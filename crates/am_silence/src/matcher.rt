//! Matchers, to which the values of labels are compared.

ghost use Rattle.std.specs.Prelude.{◌≡◌, ℕ, List, [], ◌∷◌, ◌++◌, ◌<◌, ◌≤◌, OnOk, IfOk, IfErr, Ok, length};
ghost use Rattle.am_wire.specs.Fields.{FieldAt, field_of};
ghost use Rattle.am_wire.specs.declared.error.WireError.TheVariants as WireError;
ghost use Rattle.am_silence.specs.Kinds.{kind_code, kind_of, is_regexp};
ghost use Rattle.am_wire.specs.Sizes.{counted};
ghost use Rattle.am_silence.specs.Matchers.{matcher, wants_label, writes_matcher, IsMatcher};

use am_wire::reading::{LastNumber, LastText, MessageReader, Schema, read_message};
use am_wire::writing::{number_size, text_size, write_number, write_text};
use am_wire::{Field, Message, Text, Unknown, WireError, WireType};
use std::alloc::{AllocError, Global};
use std::marker::Model;

/// The way in which a label's value is compared.
#[derive(Clone, Copy, PartialEq, Eq)]
pub enum MatcherKind {
    /// The value is the pattern.
    Equal,
    /// The value matches the pattern, a regular expression, from end to end.
    Regexp,
    /// The value is not the pattern.
    NotEqual,
    /// The value doesn't match the pattern, a regular expression.
    NotRegexp,
}

impl MatcherKind {
    /// Returns the kind for a number in an enum field, whose tag is at `at`.
    fn from_number(number: u64, at: usize) -> Result<MatcherKind, WireError>
        ensures known { IfOk result (λ kind. (number < 4) × (kind_code kind ≡ number)) }
        ensures unknown { IfErr result (λ e. (4 ≤ number) × (e ≡ WireError.MatcherType at)) }
    {
        if number > 3 {
            return Err(WireError::MatcherType { at });
        }
        Ok(MatcherKind::of_number(number))
    }

    /// Returns the kind for a number below 4.
    pub(crate) fn of_number(number: u64) -> MatcherKind
        ensures { result ≡ kind_of number }
    {
        match number {
            0 => MatcherKind::Equal,
            1 => MatcherKind::Regexp,
            2 => MatcherKind::NotEqual,
            _ => MatcherKind::NotRegexp,
        }
    }

    fn number(self) -> u64
        ensures { result ≡ kind_code self }
    {
        match self {
            MatcherKind::Equal => 0,
            MatcherKind::Regexp => 1,
            MatcherKind::NotEqual => 2,
            MatcherKind::NotRegexp => 3,
        }
    }

    /// Returns whether the pattern is a regular expression.
    pub fn is_regexp(self) -> bool
        ensures { result ≡ is_regexp self }
    {
        matches!(self, MatcherKind::Regexp | MatcherKind::NotRegexp)
    }
}

/// A condition on the value of the label `name`; an absent label has the empty text.
#[derive(Drop)]
pub struct Matcher {
    pub kind: MatcherKind,
    pub name: Text,
    pub pattern: Text,
}

impl Matcher {
    /// Returns the same matcher with borrowed texts.
    pub fn borrowed(&self) -> MatcherRef<'_>
        ensures { result ≡ self.now }
    {
        MatcherRef::new(self.kind, self.name.as_str(), self.pattern.as_str())
    }

    /// Returns whether the label has to be present, and equal to the pattern, which is not empty then.
    pub fn wants_label(&self) -> bool
        ensures { result ≡ wants_label self.now }
    {
        self.borrowed().wants_label()
    }

    /// Returns a copy.
    ///
    /// # Errors
    ///
    /// [`AllocError`] if memory runs out.
    pub fn try_clone(&self, alloc: Global) -> Result<Matcher, AllocError>
        ensures { IfOk result (λ copy. copy ≡ self.now) }
    {
        self.borrowed().copied(alloc)
    }
}

/// A matcher with borrowed texts. Contracts see the matcher.
#[derive(Drop)]
pub struct MatcherRef<'a> {
    kind: MatcherKind,
    name: &'a str,
    pattern: &'a str,
}

impl<'a> Model for MatcherRef<'a> {
    ghost use Rattle.am_silence.specs.declared.matcher.Matcher.{Matcher};

    ghost Value = { Matcher };

    ghost view = { λ m. record { kind = m.kind; name = m.name.now; pattern = m.pattern.now } };
}

impl<'a> MatcherRef<'a> {
    /// Returns a matcher of these parts.
    pub fn new(kind: MatcherKind, name: &'a str, pattern: &'a str) -> Self
        ensures { result ≡ record { kind = kind; name = name.now; pattern = pattern.now } }
    {
        MatcherRef {
            kind,
            name,
            pattern,
        }
    }

    /// Returns the way in which the label's value is compared.
    pub fn kind(&self) -> MatcherKind
        ensures { result ≡ self.now.kind }
    {
        self.kind
    }

    /// Returns the label's name.
    pub fn name(&self) -> &'a str
        ensures { result.now ≡ self.now.name }
    {
        self.name
    }

    /// Returns the value, or the regular expression, to which the label's value is compared.
    pub fn pattern(&self) -> &'a str
        ensures { result.now ≡ self.now.pattern }
    {
        self.pattern
    }

    /// Returns whether the label has to be present, and equal to the pattern, which is not empty then.
    pub fn wants_label(&self) -> bool
        ensures { result ≡ wants_label self.now }
    {
        matches!(self.kind, MatcherKind::Equal) && !self.pattern.is_empty()
    }

    /// Copies the matcher into one with texts of its own.
    ///
    /// # Errors
    ///
    /// [`AllocError`] if memory runs out.
    pub fn copied(&self, alloc: Global) -> Result<Matcher, AllocError>
        ensures { IfOk result (λ copy. copy ≡ self.now) }
    {
        Ok(Matcher {
            kind: self.kind,
            name: Text::copied(alloc, self.name)?,
            pattern: Text::copied(alloc, self.pattern)?,
        })
    }

    /// Returns the length of its text.
    #[tactic(auto, unfolding(crate::specs::Matchers::writes_matcher))]
    pub(crate) fn size(&self) -> u64
        ensures { result ≡ counted (length (writes_matcher self.now)) }
    {
        number_size(1, self.kind.number())
            .saturating_add(text_size(2, self.name))
            .saturating_add(text_size(3, self.pattern))
    }

    /// Appends its text to the bytes.
    #[tactic(auto, unfolding(crate::specs::Matchers::writes_matcher))]
    pub(crate) fn write(&self, out: &mut Vec<u8>) -> Result<(), AllocError>
        ensures written { OnOk result (out.new.items ≡ out.old.items ++ writes_matcher self.now) }
        ensures value { OnOk result (IsMatcher self.now) }
    {
        write_number(out, 1, self.kind.number())?;
        write_text(out, 2, self.name)?;
        write_text(out, 3, self.pattern)
    }
}

/// The draft of a matcher.
#[derive(Clone, Copy)]
pub struct MatcherDraft<'a> {
    kind: LastNumber,
    name: LastText<'a>,
    pattern: LastText<'a>,
}

impl Schema for MatcherDraft<'_> {
    ghost fitting = { matcher.fits };

    fn fits(number: u32, wire_type: WireType) -> bool
        ensures { result ≡ matcher.fits number wire_type }
    {
        match number {
            1 => wire_type == WireType::Varint,
            2 | 3 => wire_type == WireType::Bytes,
            _ => true,
        }
    }
}

impl<'a> MessageReader<'a> for MatcherDraft<'a> {
    ghost use Rattle.am_silence.specs.Matchers.{matcher_value, matcher_tests};
    ghost use Rattle.am_silence.specs.Drafts.{IsMatcherDraft};

    type Done = MatcherRef<'a>;

    ghost inside = { matcher.inside };

    ghost holds = { IsMatcherDraft };

    ghost tests = { matcher_tests };

    ghost value = { matcher_value };

    fn start(_alloc: Global) -> Self {
        MatcherDraft {
            kind: LastNumber::none(),
            name: LastText::none(),
            pattern: LastText::none(),
        }
    }

    fn take(&mut self, field: Field<'a>) -> Result<(), WireError> {
        match field.number {
            1 => self.kind.take(field),
            2 => self.name.take(field)?,
            3 => self.pattern.take(field)?,
            _ => {}
        }
        Ok(())
    }

    fn finish(self, _alloc: Global, _place: usize) -> Result<MatcherRef<'a>, WireError> {
        let kind = MatcherKind::from_number(self.kind.value % (1 << 32), self.kind.at)?;
        Ok(MatcherRef::new(kind, self.name.text, self.pattern.text))
    }
}

impl Message for Matcher {
    ghost use Rattle.am_silence.specs.Matchers.{IsMatcher, reads_matcher, writes_matcher};
    ghost use Rattle.am_silence.specs.RoundTrip.{matcher_again};
    ghost use Rattle.am_wire.specs.RoundTrip.Plain.{plainly_itself};
    ghost use Rattle.std.specs.Prelude.{refl};

    ghost is_value = { IsMatcher };

    ghost writes = { writes_matcher };

    ghost plain = { λ v. v };

    ghost reads = { λ unknown. reads_matcher };

    ghost round_trip = { matcher_again };

    ghost dropped = { λ at bytes. plainly_itself (reads_matcher at bytes) };

    ghost plain_again = { λ v. refl };

    fn size(&self) -> u64 {
        self.borrowed().size()
    }

    fn write(&self, out: &mut Vec<u8>) -> Result<(), AllocError> {
        self.borrowed().write(out)
    }

    #[tactic(auto, unfolding(crate::specs::Matchers::reads_matcher))]
    fn decode_at(
        alloc: Global,
        _unknown: Unknown,
        bytes: &[u8],
        at: usize,
    ) -> Result<Matcher, WireError> {
        let matcher = read_message::<MatcherDraft>(alloc, bytes, at, at)?;
        Ok(matcher.copied(alloc)?)
    }
}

------------------------------------------------------------

The expected answer is a word-for-word copy of every line from the one that contains "self.borrowed().size()" through the final line of the material.

__Output below__.
        self.borrowed().size()
    }

    fn write(&self, out: &mut Vec<u8>) -> Result<(), AllocError> {
        self.borrowed().write(out)
    }

    #[tactic(auto, unfolding(crate::specs::Matchers::reads_matcher))]
    fn decode_at(
        alloc: Global,
        _unknown: Unknown,
        bytes: &[u8],
        at: usize,
    ) -> Result<Matcher, WireError> {
        let matcher = read_message::<MatcherDraft>(alloc, bytes, at, at)?;
        Ok(matcher.copied(alloc)?)
    }
}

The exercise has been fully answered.